Stored data entries
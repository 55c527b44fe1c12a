//! What a server keeps: encrypted cells by label, encrypted blocks in a list, additions by label, and the
//! revocation numbers of deleted pairs. A contract sees `Tables` as two maps, a list and a set, so a representation
//! can change without touching the crates above; one is sorted, one has buckets, and one has buckets under drawn
//! keys. The buckets are std's hash table, which hashes all 16 bytes of a label: with labels of one prefix, buckets
//! of our own were 500 times slower. The crate depends only on std, and doesn't know how a cell is made or
//! decrypted.
//! Proved: `Tables` are two maps, a list and a set; a call for which memory was reserved can't fail; a label that is
//! already taken is reported before out of memory.
//! Side: server.

#![tactic(auto)]

mod bucket_map;
mod extent;
mod flat_tables;
mod key;
mod kinds;
mod label_map;
mod missing;
mod sorted_map;
mod table_fault;
mod tables;

pub use bucket_map::BucketMap;
pub use extent::Extent;
pub use flat_tables::FlatTables;
pub use kinds::{BucketTables, SeededTables, SortedTables};
pub use label_map::LabelMap;
pub use missing::Missing;
pub use sorted_map::SortedMap;
pub use table_fault::TableFault;
pub use tables::Tables;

§ **Exercise instructions**: Please make the answer a complete, exact reproduction of the records.

§ **Finished task**:
repository 55c527b44fe1c12a
//! What a server keeps: encrypted cells by label, encrypted blocks in a list, additions by label, and the
//! revocation numbers of deleted pairs. A contract sees `Tables` as two maps, a list and a set, so a representation
//! can change without touching the crates above; one is sorted, one has buckets, and one has buckets under drawn
//! keys. The buckets are std's hash table, which hashes all 16 bytes of a label: with labels of one prefix, buckets
//! of our own were 500 times slower. The crate depends only on std, and doesn't know how a cell is made or
//! decrypted.
//! Proved: `Tables` are two maps, a list and a set; a call for which memory was reserved can't fail; a label that is
//! already taken is reported before out of memory.
//! Side: server.

#![tactic(auto)]

mod bucket_map;
mod extent;
mod flat_tables;
mod key;
mod kinds;
mod label_map;
mod missing;
mod sorted_map;
mod table_fault;
mod tables;

pub use bucket_map::BucketMap;
pub use extent::Extent;
pub use flat_tables::FlatTables;
pub use kinds::{BucketTables, SeededTables, SortedTables};
pub use label_map::LabelMap;
pub use missing::Missing;
pub use sorted_map::SortedMap;
pub use table_fault::TableFault;
pub use tables::Tables;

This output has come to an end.